··· Entries shown

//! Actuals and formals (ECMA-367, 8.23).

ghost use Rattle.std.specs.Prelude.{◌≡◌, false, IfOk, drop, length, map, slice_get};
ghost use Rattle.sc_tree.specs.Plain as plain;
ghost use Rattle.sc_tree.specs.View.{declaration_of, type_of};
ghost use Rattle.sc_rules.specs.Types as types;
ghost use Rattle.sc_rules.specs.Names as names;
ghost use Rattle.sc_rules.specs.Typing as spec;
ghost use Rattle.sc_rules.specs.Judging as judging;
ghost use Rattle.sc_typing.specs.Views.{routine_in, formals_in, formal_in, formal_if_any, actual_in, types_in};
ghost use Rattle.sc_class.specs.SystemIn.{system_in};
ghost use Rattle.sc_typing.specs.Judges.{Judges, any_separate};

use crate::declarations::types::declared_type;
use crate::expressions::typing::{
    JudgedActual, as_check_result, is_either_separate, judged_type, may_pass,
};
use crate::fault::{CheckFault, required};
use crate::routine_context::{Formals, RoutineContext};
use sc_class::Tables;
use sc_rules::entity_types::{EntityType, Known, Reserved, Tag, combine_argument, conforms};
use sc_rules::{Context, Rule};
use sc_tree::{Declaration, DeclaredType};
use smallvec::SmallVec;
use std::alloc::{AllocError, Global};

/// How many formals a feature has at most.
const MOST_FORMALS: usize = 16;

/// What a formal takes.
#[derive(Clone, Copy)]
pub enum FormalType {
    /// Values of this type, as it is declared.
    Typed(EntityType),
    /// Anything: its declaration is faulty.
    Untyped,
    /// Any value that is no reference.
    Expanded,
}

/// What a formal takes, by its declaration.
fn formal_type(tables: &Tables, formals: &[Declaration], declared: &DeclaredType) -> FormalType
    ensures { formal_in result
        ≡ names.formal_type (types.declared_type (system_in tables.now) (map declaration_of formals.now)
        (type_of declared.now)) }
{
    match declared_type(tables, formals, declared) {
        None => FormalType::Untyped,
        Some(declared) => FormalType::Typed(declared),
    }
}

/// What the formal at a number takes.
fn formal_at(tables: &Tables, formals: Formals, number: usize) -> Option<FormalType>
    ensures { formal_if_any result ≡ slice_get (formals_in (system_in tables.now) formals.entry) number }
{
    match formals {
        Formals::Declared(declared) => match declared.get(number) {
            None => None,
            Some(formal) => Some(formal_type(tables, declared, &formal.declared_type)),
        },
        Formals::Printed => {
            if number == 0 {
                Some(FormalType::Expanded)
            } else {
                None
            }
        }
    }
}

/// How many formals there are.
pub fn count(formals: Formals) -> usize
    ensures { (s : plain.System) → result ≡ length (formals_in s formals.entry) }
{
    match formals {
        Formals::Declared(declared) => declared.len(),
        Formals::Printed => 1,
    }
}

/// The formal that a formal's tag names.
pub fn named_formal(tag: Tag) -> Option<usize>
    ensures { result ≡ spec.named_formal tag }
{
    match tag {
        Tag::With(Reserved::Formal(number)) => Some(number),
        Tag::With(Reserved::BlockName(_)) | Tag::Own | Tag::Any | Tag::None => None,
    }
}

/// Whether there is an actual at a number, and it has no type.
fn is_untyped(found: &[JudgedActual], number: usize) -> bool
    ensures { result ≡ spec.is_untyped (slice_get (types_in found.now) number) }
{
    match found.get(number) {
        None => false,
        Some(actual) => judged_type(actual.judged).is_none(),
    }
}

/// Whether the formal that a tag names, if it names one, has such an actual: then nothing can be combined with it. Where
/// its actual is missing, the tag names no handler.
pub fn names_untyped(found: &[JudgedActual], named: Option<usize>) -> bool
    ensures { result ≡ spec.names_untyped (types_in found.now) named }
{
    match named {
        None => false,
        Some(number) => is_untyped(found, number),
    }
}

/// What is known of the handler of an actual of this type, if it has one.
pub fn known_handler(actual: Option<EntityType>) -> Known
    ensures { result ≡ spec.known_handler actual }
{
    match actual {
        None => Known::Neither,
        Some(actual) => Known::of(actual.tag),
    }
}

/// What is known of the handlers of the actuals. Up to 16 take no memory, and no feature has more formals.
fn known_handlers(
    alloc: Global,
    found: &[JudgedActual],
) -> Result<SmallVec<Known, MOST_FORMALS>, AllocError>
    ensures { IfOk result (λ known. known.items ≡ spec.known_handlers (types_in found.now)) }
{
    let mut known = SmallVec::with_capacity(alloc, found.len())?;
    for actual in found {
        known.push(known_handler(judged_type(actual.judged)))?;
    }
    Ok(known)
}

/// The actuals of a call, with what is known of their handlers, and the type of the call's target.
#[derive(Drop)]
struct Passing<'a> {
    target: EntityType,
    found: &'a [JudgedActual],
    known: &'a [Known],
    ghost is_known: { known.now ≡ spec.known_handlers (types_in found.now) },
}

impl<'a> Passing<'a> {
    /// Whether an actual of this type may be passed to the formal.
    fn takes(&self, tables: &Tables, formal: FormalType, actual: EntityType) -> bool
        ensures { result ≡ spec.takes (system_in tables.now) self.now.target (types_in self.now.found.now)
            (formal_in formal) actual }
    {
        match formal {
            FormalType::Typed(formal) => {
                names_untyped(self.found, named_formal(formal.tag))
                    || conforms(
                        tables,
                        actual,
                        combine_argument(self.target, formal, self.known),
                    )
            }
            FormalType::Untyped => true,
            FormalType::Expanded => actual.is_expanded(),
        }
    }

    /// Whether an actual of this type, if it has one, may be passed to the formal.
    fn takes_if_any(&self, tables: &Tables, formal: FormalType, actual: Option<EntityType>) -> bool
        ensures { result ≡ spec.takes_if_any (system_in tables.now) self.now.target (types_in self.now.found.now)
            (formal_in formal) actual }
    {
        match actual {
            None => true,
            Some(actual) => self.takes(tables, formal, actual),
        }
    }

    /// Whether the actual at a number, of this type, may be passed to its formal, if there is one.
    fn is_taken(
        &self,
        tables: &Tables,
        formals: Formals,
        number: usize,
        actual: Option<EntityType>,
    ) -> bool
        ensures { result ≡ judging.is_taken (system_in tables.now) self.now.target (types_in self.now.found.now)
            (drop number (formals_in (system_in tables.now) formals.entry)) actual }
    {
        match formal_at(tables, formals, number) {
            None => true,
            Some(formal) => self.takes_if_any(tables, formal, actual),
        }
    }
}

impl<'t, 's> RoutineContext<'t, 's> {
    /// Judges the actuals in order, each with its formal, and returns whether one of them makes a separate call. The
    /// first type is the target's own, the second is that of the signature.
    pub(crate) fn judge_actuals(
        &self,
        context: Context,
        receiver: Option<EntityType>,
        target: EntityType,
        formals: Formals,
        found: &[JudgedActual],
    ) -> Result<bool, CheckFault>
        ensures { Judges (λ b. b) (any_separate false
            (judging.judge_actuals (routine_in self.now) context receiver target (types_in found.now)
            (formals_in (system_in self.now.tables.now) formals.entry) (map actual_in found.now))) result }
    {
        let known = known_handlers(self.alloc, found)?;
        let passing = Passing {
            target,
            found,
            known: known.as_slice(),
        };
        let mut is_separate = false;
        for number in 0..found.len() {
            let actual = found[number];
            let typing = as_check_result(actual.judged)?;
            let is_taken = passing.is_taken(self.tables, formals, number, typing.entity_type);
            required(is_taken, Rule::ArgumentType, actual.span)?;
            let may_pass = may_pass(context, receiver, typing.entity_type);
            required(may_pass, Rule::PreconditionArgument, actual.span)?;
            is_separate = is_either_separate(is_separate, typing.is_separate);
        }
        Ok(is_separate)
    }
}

······
··· Entries shown

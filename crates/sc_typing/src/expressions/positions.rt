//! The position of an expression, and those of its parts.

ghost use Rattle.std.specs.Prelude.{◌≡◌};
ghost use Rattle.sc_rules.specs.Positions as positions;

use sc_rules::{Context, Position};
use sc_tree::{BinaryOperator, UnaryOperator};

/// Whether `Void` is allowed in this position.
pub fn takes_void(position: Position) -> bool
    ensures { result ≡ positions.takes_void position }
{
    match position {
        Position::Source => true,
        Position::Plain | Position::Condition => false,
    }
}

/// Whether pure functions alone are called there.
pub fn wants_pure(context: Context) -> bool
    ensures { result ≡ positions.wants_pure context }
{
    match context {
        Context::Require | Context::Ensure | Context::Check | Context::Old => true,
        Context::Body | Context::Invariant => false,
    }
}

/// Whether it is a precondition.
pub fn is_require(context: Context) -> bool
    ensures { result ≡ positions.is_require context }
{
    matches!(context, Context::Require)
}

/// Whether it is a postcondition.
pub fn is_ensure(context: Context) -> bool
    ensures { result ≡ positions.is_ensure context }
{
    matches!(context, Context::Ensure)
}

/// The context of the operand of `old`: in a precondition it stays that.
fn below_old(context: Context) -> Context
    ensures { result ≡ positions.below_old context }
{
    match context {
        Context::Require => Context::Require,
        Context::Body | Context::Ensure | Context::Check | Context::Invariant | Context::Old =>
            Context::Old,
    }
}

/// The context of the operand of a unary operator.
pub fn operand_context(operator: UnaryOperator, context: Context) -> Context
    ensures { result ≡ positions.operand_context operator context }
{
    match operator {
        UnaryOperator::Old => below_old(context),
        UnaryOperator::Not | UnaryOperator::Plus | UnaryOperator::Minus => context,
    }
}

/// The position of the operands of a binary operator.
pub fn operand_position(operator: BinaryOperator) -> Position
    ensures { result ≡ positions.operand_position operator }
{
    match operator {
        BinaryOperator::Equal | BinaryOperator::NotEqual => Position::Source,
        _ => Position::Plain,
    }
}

······

Please go over the data above and copy each line with "AllocError" in it.

use std::alloc::{AllocError, Global};
) -> Result<SmallVec<Known, MOST_FORMALS>, AllocError>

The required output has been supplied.